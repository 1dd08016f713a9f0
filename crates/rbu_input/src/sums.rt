// How many prepared rows there are, and the bytes of their records.
ghost use Rattle.std.specs.Prelude.{◌≡◌, ◌+◌, ◌≤◌, None, Some, IfOk, IfErr, OnOk};
ghost use Rattle.rbu_input.specs.RowAnswers.{Refuses};
ghost use Rattle.rbu_input.specs.Sums.{AreWithin, sums_fault};

use crate::fault::InputError;
use prepared_spec::InputFault;
use refusal::Measure;

/// The prepared rows so far, of all batches: at most 1000000, whose records have at most 268435456 bytes.
#[derive(Clone, Copy)]
pub(crate) struct Sums {
    rows: u64,
    bytes: u64,
}

impl Sums {
    /// No row.
    pub(crate) fn none() -> Sums
        ensures rows { result.rows ≡ 0 }
        ensures bytes { result.bytes ≡ 0 }
    {
        Sums { rows: 0, bytes: 0 }
    }

    /// The sums with one row more, whose record has so many bytes. Refuses [93] with `rows`, and then with `bytes`.
    pub(crate) fn with_row(self, length: usize) -> Result<Sums, InputError>
        requires within { AreWithin self }
        requires short { length ≤ 1048576 }
        ensures within { IfOk result AreWithin }
        ensures rows { IfOk result (λ sums. sums.rows ≡ self.rows + 1) }
        ensures bytes { IfOk result (λ sums. sums.bytes ≡ self.bytes + length) }
        ensures right { OnOk result (sums_fault self.rows self.bytes length ≡ None) }
        ensures fault { IfErr result (Refuses (λ refused. sums_fault self.rows self.bytes length ≡ Some refused)) }
    {
        let rows = self.rows + 1;
        if rows > 1_000_000 {
            return Err(InputError::Refused(InputFault::TooMuch {
                what: Measure::Rows,
                has: rows,
                limit: 1_000_000,
            }));
        }
        let bytes = self.bytes + length as u64;
        if bytes > 268_435_456 {
            return Err(InputError::Refused(InputFault::TooMuch {
                what: Measure::Bytes,
                has: bytes,
                limit: 268_435_456,
            }));
        }
        Ok(Sums { rows, bytes })
    }
}
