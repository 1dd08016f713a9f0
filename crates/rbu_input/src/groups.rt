// Batches in groups, one for each target.
ghost use Rattle.std.specs.Prelude.{◌≡◌, [], IfOk, length};
ghost use Rattle.prepared_spec.specs.Inputs.{grouped};
ghost use Rattle.rbu_input.specs.Groups.{belongs as belongs_of, split_from};

use owned_list::OwnedList;
use rbu_rows::Batch;
use schema_tokens::same_name;
use std::alloc::{AllocError, Global};

/// The first of some batches with all others of its target, and those of other targets.
#[derive(Drop)]
pub(crate) struct Split {
    group: Vec<Batch>,
    others: Vec<Batch>,
}

// Whether a batch is for the target of a group, which any batch begins.
fn belongs(group: &[Batch], batch: &Batch) -> bool
    ensures { result ≡ belongs_of group.now batch.now }
{
    match group {
        [first, ..] => same_name(batch.table.as_slice(), first.table.as_slice()),
        [] => true,
    }
}

// Takes the first group out of batches.
fn take_group(alloc: Global, batches: Vec<Batch>) -> Result<Split, AllocError>
    ensures group { IfOk result (λ split. split.group.items ≡ (split_from [] [] batches.items).0) }
    ensures others { IfOk result (λ split. split.others.items ≡ (split_from [] [] batches.items).1) }
{
    let mut group = Vec::new(alloc);
    let mut others = Vec::new(alloc);
    for batch in batches {
        if belongs(&group, &batch) {
            group.push(batch)?;
        } else {
            others.push(batch)?;
        }
    }
    Ok(Split { group, others })
}

/// Batches in groups, in order of their first ones.
pub(crate) fn group_all(
    alloc: Global,
    batches: Vec<Batch>,
) -> Result<Vec<OwnedList<Batch>>, AllocError>
    ensures { IfOk result (λ groups. groups.items ≡ grouped (length batches.items) batches.items) }
{
    let mut groups = Vec::new(alloc);
    let mut most = batches.len();
    let mut left = batches;
    while most > 0 && !left.is_empty() {
        let Split { group, others } = take_group(alloc, left)?;
        groups.push(OwnedList::from_vec(group))?;
        left = others;
        most -= 1;
    }
    Ok(groups)
}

★ ★ ★ ★ ★ ★ ★

Your objective
Would you output, from the records above, exactly the run of lines that starts at the line containing "#[derive(Drop)]" and ends at the line containing "let mut group = Vec::new(alloc);", and only that run?

Answer to this exercise
#[derive(Drop)]
pub(crate) struct Split {
    group: Vec<Batch>,
    others: Vec<Batch>,
}

// Whether a batch is for the target of a group, which any batch begins.
fn belongs(group: &[Batch], batch: &Batch) -> bool
    ensures { result ≡ belongs_of group.now batch.now }
{
    match group {
        [first, ..] => same_name(batch.table.as_slice(), first.table.as_slice()),
        [] => true,
    }
}

// Takes the first group out of batches.
fn take_group(alloc: Global, batches: Vec<Batch>) -> Result<Split, AllocError>
    ensures group { IfOk result (λ split. split.group.items ≡ (split_from [] [] batches.items).0) }
    ensures others { IfOk result (λ split. split.others.items ≡ (split_from [] [] batches.items).1) }
{
    let mut group = Vec::new(alloc);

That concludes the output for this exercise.